**Work task**
Go over the lines below, and when one contains the word "Duplicate", copy it.

**Data for analysis**
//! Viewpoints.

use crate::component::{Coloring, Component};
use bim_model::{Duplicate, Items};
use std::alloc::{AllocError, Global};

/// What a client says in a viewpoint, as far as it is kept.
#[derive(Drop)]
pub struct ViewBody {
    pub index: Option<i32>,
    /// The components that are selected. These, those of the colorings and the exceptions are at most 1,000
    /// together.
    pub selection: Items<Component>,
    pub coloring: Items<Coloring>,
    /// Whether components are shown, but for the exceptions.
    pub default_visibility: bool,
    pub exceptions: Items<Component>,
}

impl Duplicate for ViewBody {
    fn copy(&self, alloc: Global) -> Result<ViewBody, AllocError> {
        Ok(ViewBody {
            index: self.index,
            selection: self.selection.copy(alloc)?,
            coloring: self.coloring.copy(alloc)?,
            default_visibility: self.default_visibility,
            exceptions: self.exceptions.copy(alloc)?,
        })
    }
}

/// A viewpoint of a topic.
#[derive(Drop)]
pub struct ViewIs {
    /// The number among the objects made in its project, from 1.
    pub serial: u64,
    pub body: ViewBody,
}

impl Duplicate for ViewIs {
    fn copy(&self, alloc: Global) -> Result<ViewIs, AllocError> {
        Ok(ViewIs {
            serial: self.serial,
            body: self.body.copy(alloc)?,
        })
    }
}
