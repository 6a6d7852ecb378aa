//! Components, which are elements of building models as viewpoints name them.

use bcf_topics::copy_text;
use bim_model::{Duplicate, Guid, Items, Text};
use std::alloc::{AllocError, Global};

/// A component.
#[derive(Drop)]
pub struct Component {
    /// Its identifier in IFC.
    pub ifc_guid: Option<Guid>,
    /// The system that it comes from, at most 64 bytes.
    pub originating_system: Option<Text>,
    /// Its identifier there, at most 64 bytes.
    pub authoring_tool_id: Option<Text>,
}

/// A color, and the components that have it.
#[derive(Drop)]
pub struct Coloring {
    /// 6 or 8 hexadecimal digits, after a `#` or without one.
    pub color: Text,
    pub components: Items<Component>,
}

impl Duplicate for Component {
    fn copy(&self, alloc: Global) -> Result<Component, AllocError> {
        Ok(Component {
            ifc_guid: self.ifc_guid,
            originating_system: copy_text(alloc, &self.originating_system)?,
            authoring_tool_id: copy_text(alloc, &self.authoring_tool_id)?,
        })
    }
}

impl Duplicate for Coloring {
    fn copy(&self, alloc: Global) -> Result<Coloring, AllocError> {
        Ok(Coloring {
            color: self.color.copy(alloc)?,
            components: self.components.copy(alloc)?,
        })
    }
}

**Task response**
use bim_model::{Duplicate, Items};
impl Duplicate for ViewBody {
impl Duplicate for ViewIs {
use bim_model::{Duplicate, Guid, Items, Text};
impl Duplicate for Component {
impl Duplicate for Coloring {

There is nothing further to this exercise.